In cryptography, padding is any of a number of distinct practices which all include adding data to the beginning, middle, or end of a message prior to encryption.
This is a condensed sentence;
Block cipher modes like CBC and ECB require padding so that one can encrypt the message blocks properly - not all messages are multiple of the block size of the cipher. The common padding is PKCS#7 and applied in the end. Recently, the trend is on the modes like CTR that don't require padding. This removed one attack vector; padding oracle attack.
Public key encryption of RSA requires padding to be secure against attacks, in this case, data prefixed some fixed and random characters.
- OAEP : $\text{T=lhash||PS||01||Message}$
- PKCS#1.v5 : $\text{EM = 0x00 || 0x02 || PS || 0x00 || Message}$
While hashing, if we need concatanation of two string, we don't concatanate two strings in way of pure sting concatanation, rather we add some special delimeters so that we can pervent simple collision;
$$Hash(\texttt{abcd||efgh}) = Hash(\texttt{abc||defgh})$$ where $s_1 = abcd, s_2 = efgh, s_3 = abc, s_4 = defgh$ are 4 different string, still their concatanation creates the same hash value. To mitigate we apply some padding on the middle with some special values to the domain;
$$Hash(\texttt{abcd||<sperator>||efgh}) \neq Hash(\texttt{abc||<sperator>||defgh})$$ the change of collision is negligible for a good cryptographic hash.
In classical cryptography, padding may include adding nonsense phrases to a message to obscure the fact that many messages end in predictable ways.
This is due to the fact that we don't want to give an attacker known-plaintext where almost all classical algorithms were insecure against this.
Consider the Hill cipher of size $n$ and if the last block just contains one character from the message and if you fill the remaining with a fixed known value then you gave the adversary your key. They just need to solve the system of of equation 26 times to derive the encryption key.
As you can see that the padding is more about security and operationality.
Checksum seems to serve in the same way, which is added in the message, and the verifier verifies by sum and modular the pre-agreed divisor.

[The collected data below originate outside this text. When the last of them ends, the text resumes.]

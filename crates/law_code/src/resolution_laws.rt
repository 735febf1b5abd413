//! Laws of the definitions of linking.
ghost use Rattle.law_code.specs.ResolutionLaws.{HideFields, AllResolve, AddingKeeps};

/// Where one more package comes after packages that were linked, each onto those before it, all look-ups stay
/// as they were in each package and each class but those of the new one's number: what entries resolve to,
/// classes, methods and the cells of instances.
pub fn look_ups_stay_with_one_more_package()
    ensures { AddingKeeps }
{}

/// Among packages that were linked, each onto those before it, every entry of every constant pool resolves, and
/// is looked up by its index as what it resolves to.
pub fn all_entries_resolve()
    ensures { AllResolve }
{}

/// Among packages that were linked, each onto those before it, no entry names a field of an instance of one of
/// the platform's classes itself.
pub fn fields_of_the_platform_have_no_names()
    ensures { HideFields }
{}
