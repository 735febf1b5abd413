//! Objects by reference over the words of a journal, which a card keeps without power, and the laws of such a heap.
#![tactic(auto)]

mod adding;
mod changes;
mod component;
mod elements;
mod fresh;
mod heap;
mod heap_laws;
pub mod layout;
pub mod lookup;
mod making;
mod object;
mod package;
pub mod packed;
mod place;
mod record;
mod refusal;
mod registered;
pub mod registry_layout;
pub mod sizes;
mod statics;
mod touch;
pub mod walk;

pub use changes::{ByteRun, Elements};
pub use component::Span;
pub use heap::Heap;
pub use heap_laws::{
    changes_keep_a_heap_whole, components_are_read_back, losses_leave_what_is_complete,
    migrations_keep_heaps, places_have_words_of_their_own, transactions_keep_what_is_durable,
    transient_objects_own_their_cells,
};
pub use object::{Facts, Kind};
pub use package::{RecordComponent, StaticArray};
pub use place::{AppletEntry, Place};
pub use refusal::{ChangeRefusal, HeapRefusal};
pub use touch::Touch;
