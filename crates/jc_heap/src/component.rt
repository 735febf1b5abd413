//! Reading the components of a package.
ghost use Rattle.std.specs.Prelude.{◌≡◌, ◌<◌, ◌≤◌, ◌+◌, ◌/◌, false, length, slice_index, take, drop, IfSome, Some, None};
ghost use Rattle.jc_words.specs.Layout.{text_start};
ghost use Rattle.jc_heap.specs.Packed.{packed_byte};
ghost use Rattle.jc_heap.specs.Component.{record_of, info_of, span_in, IsWithin, words_for};

use crate::heap::Heap;
use jc_commit::Journal;
use jc_transient::Ref;
use jc_words::WordStore;

/// Where the info of a component stands in its package's record.
#[derive(Clone, Copy)]
pub struct Span {
    /// The first word, counted from the record's first.
    pub at: u16,
    /// How many bytes there are, two in a word.
    pub size: u16,
}

// How many words hold n bytes.
pub(crate) fn words_for(bytes: u16) -> u32
    ensures { result ≡ words_for bytes }
{
    (u32::from(bytes) + 1) / 2
}

// The span of the component at an offset of a record of n words.
fn span_at<S: WordStore>(journal: &Journal<S>, base: u16, long: u16, at: u16) -> Option<Span>
    requires behind { text_start ≤ base }
    requires there { base + long ≤ length journal.now.plain }
    requires small { length journal.now.plain < 65536 }
    requires inside { at < long }
    ensures { let words = drop at (take long (drop base journal.now.plain)) in result
        ≡ span_in (at, take (2 + words_for (slice_index words 1)) words) }
{
    if long - at < 2 {
        return None;
    }
    let size = journal.read(base + at + 1);
    if 2 + words_for(size) > u32::from(long - at) {
        return None;
    }
    Some(Span { at: at + 2, size })
}

// The span of the component with a tag, in a record of n words.
fn find_info<S: WordStore>(journal: &Journal<S>, base: u16, long: u16, tag: u16) -> Option<Span>
    requires behind { text_start ≤ base }
    requires there { base + long ≤ length journal.now.plain }
    requires small { length journal.now.plain < 65536 }
    requires tag { 0 < tag }
    ensures { result ≡ info_of (take long (drop base journal.now.plain)) tag }
{
    let mut at = 1;
    while at < u32::from(long) {
        let word = journal.read(base + at as u16);
        if word == tag {
            return span_at(journal, base, long, at as u16);
        }
        if word == 0 || at + 1 == u32::from(long) {
            return None;
        }
        at += 2 + words_for(journal.read(base + at as u16 + 1));
    }
    None
}

impl<S: WordStore> Heap<S> {
    /// Where the info of a component of the package at an address stands; none, where there is no such component, or where
    /// the record ends before it does.
    pub fn component(&self, at: Ref, tag: u8) -> Option<Span>
        requires up { self.now.down ≡ false }
        requires package { 0 < length (record_of self.now.now at) }
        requires tag { 0 < tag }
        ensures exact { result ≡ info_of (record_of self.now.now at) tag }
        ensures within { IfSome result (λ s. IsWithin s (record_of self.now.now at)) }
    {
        let base = at.address();
        let long = self.journal.read(base).max(1);
        find_info(&self.journal, base, long, u16::from(tag))
    }

    /// A byte of a component's info.
    pub fn info_byte(&self, at: Ref, span: Span, i: u16) -> u8
        requires up { self.now.down ≡ false }
        requires within { IsWithin span (record_of self.now.now at) }
        requires byte { i < span.size }
        ensures { result ≡ packed_byte (drop span.at (record_of self.now.now at)) i }
    {
        let word = self.journal.read(at.address() + (span.at + i / 2));
        if i % 2 == 0 {
            return (word / 256) as u8;
        }
        (word % 256) as u8
    }
}
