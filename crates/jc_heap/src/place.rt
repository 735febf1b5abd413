//! Words that a change names: cells, the words of static images and of the registry.
ghost use Rattle.std.specs.Prelude.{ℕ, ◌≡◌, ◌≢◌, ◌<◌, ◌≤◌, ◌+◌, ◌^◌, ◌++◌, false, [], ◌∷◌, length, slice_index};
ghost use Rattle.jc_words.specs.Layout.{registry_length, most_applets};
ghost use Rattle.jc_heap.specs.Moves.{Write, SetPlaces, WriteNonAtomic, PerformsMoves, PerformsMovesUnless, refusal_of_places, refusal_of_applet, applet_move};
ghost use Rattle.jc_heap.specs.Completions.{after_change, after_step};
ghost use Rattle.jc_heap.specs.Object.{IsElement};
ghost use Rattle.jc_heap.specs.Heap.{cells, facts};
ghost use Rattle.jc_heap.specs.Elements.{elements_of};
ghost use Rattle.jc_heap.specs.Place.{HasPlace, MayHold, AreThere, AreApart, ArePlain, place_at, places_of, words_of, cell_changes, run_changes};

use crate::changes::{Both, ByteRun, Elements, PlaceWords};
use crate::elements::{byte_run_for, cell_word, run_for, word_for};
use crate::heap::Heap;
use crate::refusal::ChangeRefusal;
use crate::registry_layout::{ENTRY_INSTANCE, ENTRY_PACKAGE, entry_start};
use jc_transient::Ref;
use jc_words::layout::{APPLETS, REGISTRY};
use jc_words::{StoreDown, WordStore};

/// A word that a change may name.
#[derive(Clone, Copy)]
pub enum Place {
    /// A cell of a persistent object, by its index.
    Cell(Ref, u16),
    /// A word of a package's static image, by its offset in the package's record.
    Static(Ref, u16),
    /// A word of the registry, 0 to 191.
    Registry(u16),
    /// The number of applets in the registry.
    AppletCount,
}

/// What the registry keeps of an applet.
#[derive(Clone, Copy)]
pub struct AppletEntry {
    /// The applet's AID object.
    pub aid: Ref,
    /// The number of its package.
    pub package: u16,
    /// The applet's instance.
    pub instance: Ref,
}

impl<S: WordStore> Heap<S> {
    // The word of a place.
    #[inline(always)]
    pub(crate) fn place_word(&self, place: Place) -> u16
        requires up { self.now.down ≡ false }
        requires there { HasPlace self.now.now place }
        ensures { result ≡ place_at self.now.now place }
    {
        match place {
            Place::Cell(object, i) => cell_word(&self.journal, object, i),
            Place::Static(package, j) => self.static_word(package, j),
            Place::Registry(i) => REGISTRY + i,
            Place::AppletCount => APPLETS,
        }
    }

    // The words of places that have words of their own.
    fn words_of_places<'a>(&self, changes: &'a [(Place, u16)]) -> PlaceWords<'a>
        requires up { self.now.down ≡ false }
        requires there { AreThere self.now.now changes.now }
        requires plain { ArePlain self.now.now (places_of changes.now) }
        ensures exact { result ≡ words_of changes.now }
        ensures few { length result < 2 ^ 63 }
    {
        let _ = &self.journal; // so that the proof knows what holds of every heap
        let words = PlaceWords::new(changes);
        let _ = words.length(); // and how many words there may be
        words
    }

    /// A word of the registry, 0 to 191.
    pub fn registry(&self, i: u16) -> u16
        requires up { self.now.down ≡ false }
        requires there { i < registry_length }
        ensures { result ≡ slice_index self.now.now.applets i }
    {
        self.journal.read(REGISTRY + i)
    }

    /// How many applets there are.
    pub fn applets(&self) -> u16
        requires { self.now.down ≡ false }
        ensures { result ≡ self.now.now.counts.1 }
    {
        self.journal.read(APPLETS)
    }

    /// Writes a place as one change, which an open transaction takes back unless it commits.
    #[inline(always)]
    pub fn write(&mut self, place: Place, v: u16) -> Result<(), ChangeRefusal>
        requires up { self.old.down ≡ false }
        requires there { HasPlace self.old.now place }
        requires value { MayHold self.old.now place v }
        ensures { PerformsMovesUnless (refusal_of_places self.old (place ∷ [])) self.old
            (after_change result self.new) (Write place v ∷ []) tt }
    {
        let word = self.place_word(place);
        let value = word_for(&self.journal, &place, v);
        self.journal.write(word, value)?;
        Ok(())
    }

    /// Writes several places, of which none stands twice, as one change. Each has a word of its own.
    pub fn set_all(&mut self, changes: &[(Place, u16)]) -> Result<(), ChangeRefusal>
        requires up { self.old.down ≡ false }
        requires there { AreThere self.old.now changes.now }
        requires plain { ArePlain self.old.now (places_of changes.now) }
        requires apart { AreApart (places_of changes.now) }
        ensures { PerformsMovesUnless (refusal_of_places self.old (places_of changes.now)) self.old
            (after_change result self.new) (SetPlaces changes.now ∷ []) tt }
    {
        let words = self.words_of_places(changes);
        self.journal.write_all(&words)?;
        Ok(())
    }

    /// Sets the cells of a persistent object from an index on, and after them other places that have words of their
    /// own, as one change.
    pub fn set_run_and_places(
        &mut self,
        object: Ref,
        i: u16,
        values: Elements,
        places: &[(Place, u16)],
    ) -> Result<(), ChangeRefusal>
        requires up { self.old.down ≡ false }
        requires cells { i + length (elements_of values) ≤ length (cells self.old.now object) }
        requires values { (k : ℕ) → k < length (elements_of values)
            → IsElement (facts self.old.now object).kind (slice_index (elements_of values) k) }
        requires there { AreThere self.old.now places.now }
        requires plain { ArePlain self.old.now (places_of places.now) }
        requires apart { AreApart (places_of
            (cell_changes object i (elements_of values) ++ places.now)) }
        ensures { let changes = cell_changes object i (elements_of values.entry) ++ places.now in
            PerformsMovesUnless (refusal_of_places self.old (places_of changes)) self.old
            (after_change result self.new) (SetPlaces changes ∷ []) tt }
    {
        let run = run_for(&self.journal, object, i, values);
        let both = Both {
            first: run,
            second: self.words_of_places(places),
        };
        self.journal.write_all(&both)?;
        Ok(())
    }

    /// Sets bytes in the cells of one persistent object and in those of another, and after them other places that have
    /// words of their own, as one change.
    pub fn set_two_runs(
        &mut self,
        first: ByteRun<'_>,
        second: ByteRun<'_>,
        places: &[(Place, u16)],
    ) -> Result<(), ChangeRefusal>
        requires up { self.old.down ≡ false }
        requires first_cells { first.start + length first.bytes.now
            ≤ length (cells self.old.now first.object) }
        requires second_cells { second.start + length second.bytes.now
            ≤ length (cells self.old.now second.object) }
        requires two_objects { first.object ≢ second.object }
        requires there { AreThere self.old.now places.now }
        requires plain { ArePlain self.old.now (places_of places.now) }
        requires apart { AreApart (places_of
            (run_changes first ++ (run_changes second ++ places.now))) }
        ensures { let changes = run_changes first.entry
            ++ (run_changes second.entry ++ places.now) in
            PerformsMovesUnless (refusal_of_places self.old (places_of changes)) self.old
            (after_change result self.new) (SetPlaces changes ∷ []) tt }
    {
        let run = byte_run_for(&self.journal, first.object, first.start, first.bytes);
        let next = byte_run_for(&self.journal, second.object, second.start, second.bytes);
        let after = Both {
            first: next,
            second: self.words_of_places(places),
        };
        let both = Both {
            first: run,
            second: after,
        };
        self.journal.write_all(&both)?;
        Ok(())
    }

    /// Adds an applet to the registry: its three words and the number of applets, as one change. The
    /// applet's number is answered, the first at 0.
    pub fn add_applet(&mut self, entry: AppletEntry) -> Result<u16, ChangeRefusal>
        requires up { self.old.down ≡ false }
        requires few { self.old.now.counts.1 < most_applets }
        ensures { PerformsMovesUnless (refusal_of_applet self.old entry) self.old
            (after_change result self.new) (applet_move self.old.now entry ∷ [])
            self.old.now.counts.1 }
    {
        let number = self.applets();
        let first = entry_start(number);
        self.set_all(&[
            (Place::Registry(first), entry.aid.address()),
            (Place::Registry(first + ENTRY_PACKAGE), entry.package),
            (
                Place::Registry(first + ENTRY_INSTANCE),
                entry.instance.address(),
            ),
            (Place::AppletCount, number + 1),
        ])?;
        Ok(number)
    }

    /// Writes a place for good, by one word write: no abort takes it back, unless an earlier change of the transaction
    /// has touched its word, or that was born in the transaction. Another element in the word stays.
    pub fn write_both(&mut self, place: Place, v: u16) -> Result<(), StoreDown>
        requires up { self.old.down ≡ false }
        requires there { HasPlace self.old.now place }
        requires value { MayHold self.old.now place v }
        ensures { PerformsMoves self.old (after_step result self.new)
            (WriteNonAtomic place v ∷ []) tt }
    {
        let word = self.place_word(place);
        let value = word_for(&self.journal, &place, v);
        self.journal.write_both(word, value)?;
        Ok(())
    }
}
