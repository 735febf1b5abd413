//! The cells of persistent objects in words: one in a word, or two in a word of a packed array.
ghost use Rattle.std.specs.Prelude.{ℕ, ◌≡◌, ◌<◌, ◌≤◌, ◌+◌, ◌↔◌, true, false, length, slice_index, Err, OnOk};
ghost use Rattle.jc_commit.specs.Entries.{addresses_of, AreDistinct, ArePlaces};
ghost use Rattle.jc_commit.specs.Keep.{has_room_for, writes_for};
ghost use Rattle.jc_commit.specs.State.{keeping, Changes, IsTornWrite};
ghost use Rattle.jc_heap.specs.Object.{IsElement, is_packed};
ghost use Rattle.jc_heap.specs.Image.{IsWellFormed};
ghost use Rattle.jc_heap.specs.Heap.{heap_of, cells, facts, cell_address};
ghost use Rattle.jc_heap.specs.Packed.{byte_in, with_byte, low_bytes};
ghost use Rattle.jc_heap.specs.Place.{cell_at, HasPlace, MayHold};
ghost use Rattle.jc_heap.specs.declared.place.Place.TheVariants.{Cell};
ghost use Rattle.jc_heap.specs.Elements.{elements_of, word_for, byte_before, byte_behind, run_for};

use crate::changes::{CellRun, Elements, PackedRun, Packing};
use crate::layout::HEADER;
use crate::object::{Facts, is_packed_header};
use crate::place::Place;
use jc_commit::{Journal, LONGEST_WORD_RUN, WordChanges, WordRun, WriteRefusal};
use jc_transient::Ref;
use jc_words::WordStore;

// How many words a run of bytes has at least for which they are put into a room.
const LEAST_ROOM: usize = 8;

// The byte of an index in its word.
#[inline(always)]
fn byte_in(word: u16, i: u16) -> u8
    ensures { result ≡ byte_in word i }
{
    if i % 2 == 0 {
        return (word / 256) as u8;
    }
    (word % 256) as u8
}

// A word with the byte of an index set: the other one stays.
#[inline(always)]
fn with_byte(word: u16, i: u16, v: u16) -> u16
    requires { v < 256 }
    ensures { result ≡ with_byte word i v }
{
    if i % 2 == 0 {
        return 256 * v + word % 256;
    }
    word / 256 * 256 + v
}

// Whether two elements of the object stand in a word. It has cells.
#[inline(always)]
pub(crate) fn is_packed<S: WordStore>(journal: &Journal<S>, object: Ref) -> bool
    requires laid { IsWellFormed journal.now.plain }
    requires small { length journal.now.plain < 65536 }
    requires some { 0 < length (cells (heap_of journal.now.plain) object) }
    ensures { result ≡ is_packed (facts (heap_of journal.now.plain) object) }
{
    is_packed_header(journal.read(object.address()))
}

// The word of a cell, where its object's cells have words of their own.
#[inline(always)]
#[tactic(auto, unfolding(crate::specs::Heap::cell_address))]
fn word_at(object: Ref, i: u16) -> u16
    requires { cell_address object i < 65536 }
    ensures { result ≡ cell_address object i }
{
    let offset = u32::from(HEADER) + u32::from(i);
    (u32::from(object.address()) + offset) as u16
}

// The same as a place.
#[inline(always)]
#[tactic(auto, unfolding(crate::specs::Heap::cell_address))]
fn place_at(object: Ref, i: u16) -> usize
    ensures { result ≡ cell_address object i }
{
    object.address() as usize + HEADER as usize + i as usize
}

// The word of a cell.
#[inline(always)]
pub(crate) fn cell_word<S: WordStore>(journal: &Journal<S>, object: Ref, i: u16) -> u16
    requires laid { IsWellFormed journal.now.plain }
    requires small { length journal.now.plain < 65536 }
    requires cell { i < length (cells (heap_of journal.now.plain) object) }
    ensures { result ≡ cell_at (facts (heap_of journal.now.plain) object) object i }
{
    if is_packed(journal, object) {
        return word_at(object, i / 2);
    }
    word_at(object, i)
}

// What a cell holds.
#[inline(always)]
pub(crate) fn cell_value<S: WordStore>(journal: &Journal<S>, object: Ref, i: u16) -> u16
    requires laid { IsWellFormed journal.now.plain }
    requires small { length journal.now.plain < 65536 }
    requires cell { i < length (cells (heap_of journal.now.plain) object) }
    ensures { result ≡ slice_index (cells (heap_of journal.now.plain) object) i }
{
    if is_packed(journal, object) {
        return u16::from(byte_in(journal.read_at(place_at(object, i / 2)), i));
    }
    journal.read_at(place_at(object, i))
}

// Bytes of an array of which two elements stand in a word, from an index on.
#[inline(always)]
fn packed_bytes<S: WordStore>(journal: &Journal<S>, object: Ref, i: u16, out: &mut [u8])
    requires laid { IsWellFormed journal.now.plain }
    requires small { length journal.now.plain < 65536 }
    requires some { 0 < length out.old }
    requires cells { i + length out.old ≤ length (cells (heap_of journal.now.plain) object) }
    requires packed { is_packed (facts (heap_of journal.now.plain) object) ≡ true }
    ensures { out.new ≡ low_bytes (cells (heap_of journal.now.plain) object) i (length out.old) }
{
    let odd = i % 2;
    if odd == 1 {
        out[0] = byte_in(journal.read(word_at(object, i / 2)), 1);
    }
    let first = word_at(object, i / 2 + odd);
    let mut k = odd as usize;
    let behind = first + ((out.len() - k) / 2) as u16;
    for address in first..behind {
        let word = journal.read(address);
        out[k] = byte_in(word, 0);
        out[k + 1] = byte_in(word, 1);
        k += 2;
    }
    if k < out.len() {
        out[k] = byte_in(journal.read(behind), 0);
    }
}

// The low bytes of cells that have words of their own, from an index on.
#[inline(always)]
fn single_bytes<S: WordStore>(journal: &Journal<S>, object: Ref, i: u16, out: &mut [u8])
    requires laid { IsWellFormed journal.now.plain }
    requires small { length journal.now.plain < 65536 }
    requires some { 0 < length out.old }
    requires cells { i + length out.old ≤ length (cells (heap_of journal.now.plain) object) }
    requires single { is_packed (facts (heap_of journal.now.plain) object) ≡ false }
    ensures { out.new ≡ low_bytes (cells (heap_of journal.now.plain) object) i (length out.old) }
{
    let first = word_at(object, i);
    for k in 0..out.len() {
        out[k] = (journal.read(first + k as u16) % 256) as u8;
    }
}

// The low bytes of an object's cells from an index on.
#[inline(always)]
pub(crate) fn cell_bytes<S: WordStore>(journal: &Journal<S>, object: Ref, i: u16, out: &mut [u8])
    requires laid { IsWellFormed journal.now.plain }
    requires small { length journal.now.plain < 65536 }
    requires cells { i + length out.old ≤ length (cells (heap_of journal.now.plain) object) }
    ensures { out.new ≡ low_bytes (cells (heap_of journal.now.plain) object) i (length out.old) }
{
    if out.is_empty() {
        return;
    }
    if is_packed(journal, object) {
        packed_bytes(journal, object, i, out);
        return;
    }
    single_bytes(journal, object, i, out);
}

// What a place's word says once the place holds a value: the other element of its word stays.
#[inline(always)]
pub(crate) fn word_for<S: WordStore>(journal: &Journal<S>, place: &Place, v: u16) -> u16
    requires laid { IsWellFormed journal.now.plain }
    requires small { length journal.now.plain < 65536 }
    requires there { HasPlace (heap_of journal.now.plain) place.now }
    requires value { MayHold (heap_of journal.now.plain) place.now v }
    ensures { result ≡ word_for journal.now.plain place.now v }
{
    if let Place::Cell(object, i) = *place {
        if is_packed(journal, object) {
            return with_byte(journal.read(word_at(object, i / 2)), i, v);
        }
    }
    v
}

// The word of a cell of an object with this header.
#[inline(always)]
pub(crate) fn known_cell_word(header: Facts, object: Ref, i: u16) -> u16
    requires { cell_at header object i < 65536 }
    ensures { result ≡ cell_at header object i }
{
    let place = if header.is_packed() { i / 2 } else { i };
    word_at(object, place)
}

// What that word says once the cell holds a value: the other element of its word stays.
#[inline(always)]
pub(crate) fn known_word_for<S: WordStore>(
    journal: &Journal<S>,
    header: Facts,
    object: Ref,
    i: u16,
    v: u16,
) -> u16
    requires small { length journal.now.plain < 65536 }
    requires header { header ≡ facts (heap_of journal.now.plain) object }
    requires cell { i < length (cells (heap_of journal.now.plain) object) }
    requires value { IsElement (facts (heap_of journal.now.plain) object).kind v }
    ensures { result ≡ word_for journal.now.plain (Cell object i) v }
{
    if header.is_packed() {
        return with_byte(journal.read(word_at(object, i / 2)), i, v);
    }
    v
}

// The byte that stays before an index of a packed array, in the same word.
fn byte_before<S: WordStore>(journal: &Journal<S>, object: Ref, i: u16) -> Option<u8>
    requires laid { IsWellFormed journal.now.plain }
    requires small { length journal.now.plain < 65536 }
    requires cell { i < length (cells (heap_of journal.now.plain) object) }
    requires packed { is_packed (facts (heap_of journal.now.plain) object) ≡ true }
    ensures { result ≡ byte_before journal.now.plain object i }
{
    if i % 2 == 0 {
        return None;
    }
    Some(byte_in(journal.read(word_at(object, i / 2)), 0))
}

// The byte that stays after the elements before an index, in the word of the last of them.
fn byte_behind<S: WordStore>(journal: &Journal<S>, object: Ref, end: usize) -> Option<u8>
    requires laid { IsWellFormed journal.now.plain }
    requires small { length journal.now.plain < 65536 }
    requires some { 0 < end }
    requires cell { end ≤ length (cells (heap_of journal.now.plain) object) }
    requires packed { is_packed (facts (heap_of journal.now.plain) object) ≡ true }
    ensures { result ≡ byte_behind journal.now.plain object end }
{
    if end % 2 == 0 {
        return None;
    }
    Some(byte_in(journal.read(word_at(object, (end / 2) as u16)), 1))
}

// The words of a run of cells, once they hold these values.
#[inline(always)]
pub(crate) fn run_for<'a, S: WordStore>(
    journal: &Journal<S>,
    object: Ref,
    i: u16,
    values: Elements<'a>,
) -> CellRun<'a>
    requires laid { IsWellFormed journal.now.plain }
    requires small { length journal.now.plain < 65536 }
    requires cells { i + length (elements_of values)
        ≤ length (cells (heap_of journal.now.plain) object) }
    requires values { (k : ℕ) → k < length (elements_of values)
        → IsElement (facts (heap_of journal.now.plain) object).kind
        (slice_index (elements_of values) k) }
    ensures { result ≡ run_for journal.now.plain object i (elements_of values.entry) }
{
    let count = values.count();
    if count == 0 {
        return CellRun::new(0, values, Packing::Single);
    }
    if !is_packed(journal, object) {
        return CellRun::new(word_at(object, i), values, Packing::Single);
    }
    let packing = Packing::Double {
        before: byte_before(journal, object, i),
        behind: byte_behind(journal, object, usize::from(i) + count),
    };
    CellRun::new(word_at(object, i / 2), values, packing)
}

// The words of cells of an object, once they hold these bytes.
pub(crate) fn byte_run_for<'a, S: WordStore>(
    journal: &Journal<S>,
    object: Ref,
    i: u16,
    bytes: &'a [u8],
) -> CellRun<'a>
    requires laid { IsWellFormed journal.now.plain }
    requires small { length journal.now.plain < 65536 }
    requires cells { i + length bytes.now ≤ length (cells (heap_of journal.now.plain) object) }
    ensures words { result ≡ run_for journal.now.plain object i bytes.now }
    ensures bytes { (k : ℕ) → k < length bytes.now → slice_index bytes.now k < 256 }
{
    run_for(journal, object, i, Elements::Bytes(bytes))
}

// Writes the words of a run of bytes as one change. Those of one that is neither short nor long are put into a room, so that the store
// takes them by one call.
fn change_packed<S: WordStore>(
    journal: &mut Journal<S>,
    packed: &PackedRun<'_>,
) -> Result<(), WriteRefusal>
    requires up { journal.old.down ≡ false }
    requires places { ArePlaces (length journal.old.plain) packed.now }
    requires distinct { AreDistinct (addresses_of packed.now) }
    ensures ok { OnOk result (Changes packed.now journal.old journal.new) }
    ensures full { (result ≡ Err WriteRefusal.Full)
        ↔ (has_room_for (keeping journal.old) (addresses_of packed.now) ≡ false) }
    ensures kept { result ≡ Err WriteRefusal.Full → journal.new ≡ journal.old }
    ensures stopped { result ≡ Err WriteRefusal.StoreDown → IsTornWrite (writes_for (keeping journal.old) (addresses_of packed.now)) journal.old journal.new }
{
    let count = packed.count();
    if count < LEAST_ROOM || LONGEST_WORD_RUN < count {
        return journal.write_all(packed);
    }
    let mut room = [0; LONGEST_WORD_RUN];
    let words = &mut room[..count];
    let first = packed.fill(words);
    journal.write_all(&WordRun::new(first, words))
}

/// Writes the words of a run as one change.
pub(crate) fn change_run<S: WordStore>(
    journal: &mut Journal<S>,
    run: CellRun,
) -> Result<(), WriteRefusal>
    requires up { journal.old.down ≡ false }
    requires places { ArePlaces (length journal.old.plain) run }
    requires distinct { AreDistinct (addresses_of run) }
    ensures ok { OnOk result (Changes run.entry journal.old journal.new) }
    ensures full { (result ≡ Err WriteRefusal.Full)
        ↔ (has_room_for (keeping journal.old) (addresses_of run.entry) ≡ false) }
    ensures kept { result ≡ Err WriteRefusal.Full → journal.new ≡ journal.old }
    ensures stopped { result ≡ Err WriteRefusal.StoreDown → IsTornWrite (writes_for (keeping journal.old) (addresses_of run.entry)) journal.old journal.new }
{
    match run.packed() {
        Ok(packed) => change_packed(journal, &packed),
        Err(cells) => journal.write_all(&cells),
    }
}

The checksum is about detecting errors. Here we distinguish checksum with integrity in cryptography where we use hash functions. Hash functions can provide error detection, however, they are more powerful than checksums.
Keep in mind that, although padding can indicate the errors, like PKCS#7 padding, that doesn't mean that the purpose is integrity ( or checksum) and interestingly, this error is used padding oracle attacks to decrypt messages on the servers that return the error.